CASE WHEN: five drills

Five CASE drills, ordered easy to hard. Each isolates one conditional-logic concept - first CASE as a row-level expression, then CASE inside aggregates. The default editor shows a working solution - try clearing it and writing your own first; the hidden checks will grade what's there when you press Run.

Tables: orders, products.

Task: label every product with a price band. Return id, name, price, and price_band, where price_band is 'premium' for prices of 300 and up, 'standard' for 50 and up, and 'budget' otherwise. One row per product. Order by price descending, then id ascending as the tie-break.

The skill: CASE is an expression, not a statement - it produces one value per row and slots in anywhere a column can. Conditions are tested top to bottom and the first match wins, so ordering the WHEN branches from most to least restrictive is what makes the bands exclusive.

Task: for each order_date, count orders in each status. Output order_date, paid_orders, pending_orders, cancelled_orders, refunded_orders. One row per distinct order date. Order by order_date.

The skill: putting CASE inside COUNT pivots a tall status column into wide per-status columns. COUNT(CASE WHEN status = 'paid' THEN 1 END) counts only paid rows - non-matching rows produce NULL (no ELSE), and COUNT ignores NULLs.

The trap: WHERE status = 'paid' would remove the other statuses before grouping, making the remaining three columns impossible in the same query. Conditional aggregation keeps every row in the group and lets each column pick its own subset.

Task: for each user, return paid_revenue (sum of total for paid orders, showing 0 - not NULL - for users with no paid orders) and avg_paid_order (average total of paid orders only, which must be NULL for users with no paid orders). Output user_id, paid_revenue, avg_paid_order. Round both money columns to 2 decimals. One row per distinct user_id. Order by user_id.

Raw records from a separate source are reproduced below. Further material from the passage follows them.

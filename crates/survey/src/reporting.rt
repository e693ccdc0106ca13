//! The whole way from the text of a wiring to the text of its survey.
ghost use Rattle.std.specs.Prelude.{◌≡◌, map, IfOk, Some};
ghost use Rattle.survey.specs.declared.reporting.ReportError.TheVariants.{Text, Wiring as OfWiring};
ghost use Rattle.survey.specs.declared.SurveyError.TheVariants.{NoMemory};
ghost use Rattle.netlist.specs.Lines.{lines_of};
ghost use Rattle.survey.specs.Reported.{place_of, report_error_text, ReportedAs, Reported};

use crate::SurveyError;
use crate::surveying::survey_of;
use delay::{Contact, Delay, Early, Picoseconds};
use netlist::{KindName, Netlist, ReadError, Wire, read_netlist};
use std::alloc::{AllocError, Global};
use std::error::Error;
use std::fmt;
use wiring::{Lead, Table};

/// Why a text gets no report.
#[derive(Clone, Copy, PartialEq, Eq, Debug)]
pub enum ReportError {
    /// a line is not as it should be
    Text(ReadError),
    /// the wiring that was read is not surveyed
    Wiring(SurveyError),
}

impl Error for ReportError {}

impl From<ReadError> for ReportError {
    ghost from_gives = { λ e r. r ≡ Text e };

    fn from(error: ReadError) -> Self {
        ReportError::Text(error)
    }
}

impl From<SurveyError> for ReportError {
    ghost from_gives = { λ e r. r ≡ OfWiring e };

    fn from(error: SurveyError) -> Self {
        ReportError::Wiring(error)
    }
}

impl From<AllocError> for ReportError {
    ghost from_gives = { λ e r. r ≡ OfWiring NoMemory };

    fn from(_error: AllocError) -> Self {
        ReportError::Wiring(SurveyError::NoMemory)
    }
}

impl fmt::Display for ReportError {
    ghost output = { λ e. Some (report_error_text e) };

    fn fmt<W: fmt::Write>(&self, f: &mut fmt::Formatter<W>) -> fmt::Result {
        match self {
            ReportError::Text(error) => write!(f, "{error}"),
            ReportError::Wiring(error) => write!(f, "{error}"),
        }
    }
}

// What stands at a place, as the kind reads it. The probe has its like, of a place with other fields: a trait
// over both would say no more than the literal does.
fn lead_of<D: Delay>(place: Option<Wire>) -> Option<Lead<D>>
    ensures { result ≡ place_of D.Delay.kind place }
{
    place.map(|wire| Lead {
        tail: wire.tail as usize,
        head: wire.head as usize,
        delay: D::read(wire.picoseconds, wire.contacts),
    })
}

/// The leads of all places, as a kind reads them.
pub fn leads_of<D: Delay>(
    heap: Global,
    places: &[Option<Wire>],
) -> Result<Vec<Option<Lead<D>>>, AllocError>
    ensures { IfOk result (λ v. v.items ≡ map (place_of D.Delay.kind) places.now) }
{
    places
        .iter()
        .map(|place| lead_of::<D>(*place))
        .collect(heap)
}

// The report of a netlist under one kind of delay.
fn report_as<D: Delay + fmt::Display>(heap: Global, list: &Netlist) -> Result<String, ReportError>
    ensures { ReportedAs D.Delay.kind list.now result }
{
    let leads = leads_of::<D>(heap, list.places.as_slice())?;
    let wiring = Table {
        nodes: list.nodes as usize,
        leads: leads.as_slice(),
    };
    let survey = survey_of::<D, Table<D>>(heap, &wiring)?;
    let kind = list.kind;
    Ok(format!(in heap; "kind {kind}\n{survey}")?)
}

/// The report of the wiring that a text describes.
pub fn report(heap: Global, text: &[u8]) -> Result<String, ReportError>
    ensures { Reported (lines_of text.now) result }
{
    let list = read_netlist(heap, text)?;
    // a match, since each kind has a type of its own: a trait with a generic method would be longer
    match list.kind {
        KindName::Late => report_as::<Picoseconds>(heap, &list),
        KindName::Contact => report_as::<Contact>(heap, &list),
        KindName::Early => report_as::<Early<Picoseconds>>(heap, &list),
    }
}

The skill: the ELSE branch decides what non-matching rows contribute, and the right choice depends on the aggregate.

• For SUM as a total: ELSE 0 is harmless to the sum and turns "no paid orders" into a clean 0 instead of NULL.
• For AVG of a subset: ELSE 0 is a bug - the zeros enter the denominator and drag the average down. Omit the ELSE so non-paid rows become NULL and are excluded from the average entirely.

Task: for each product category, count orders three ways: all orders (total_orders), paid orders (paid_orders), and orders that ended without payment - cancelled or refunded (lost_orders). Join orders to products. Output category, total_orders, paid_orders, lost_orders. One row per category that appears in orders. Order by category.

The skill: COUNT(*) FILTER (WHERE cond) is the Postgres / DuckDB spelling of COUNT(CASE WHEN cond THEN 1 END). Same result, and the condition reads like a plain WHERE. Either spelling passes this drill - but try FILTER at least once, and note it isn't portable to MySQL, SQL Server, or Oracle.

Task: for each product category, compute what share of its order revenue is actually paid. Return total_revenue (sum of total over all the category's orders), paid_revenue (paid orders only, 0 if none), and paid_share_pct = ROUND(100 * paid_revenue / NULLIF(total_revenue, 0), 1). Output category, total_revenue, paid_revenue, paid_share_pct. Round the two revenue columns to 2 decimals. One row per category that appears in orders. Order by paid_share_pct descending, then category ascending as the tie-break.

The skill: a conditional SUM divided by an unconditional SUM over the same group gives a share-of-total in one pass - no second query, no self-join. Two guards make it production-grade:

• NULLIF(denominator, 0) turns a zero denominator into NULL, so an all-zero-revenue group yields NULL instead of a division-by-zero error.
• Multiply by 100 before dividing (or use 100.0) so the division never collapses to integer math on engines where it could.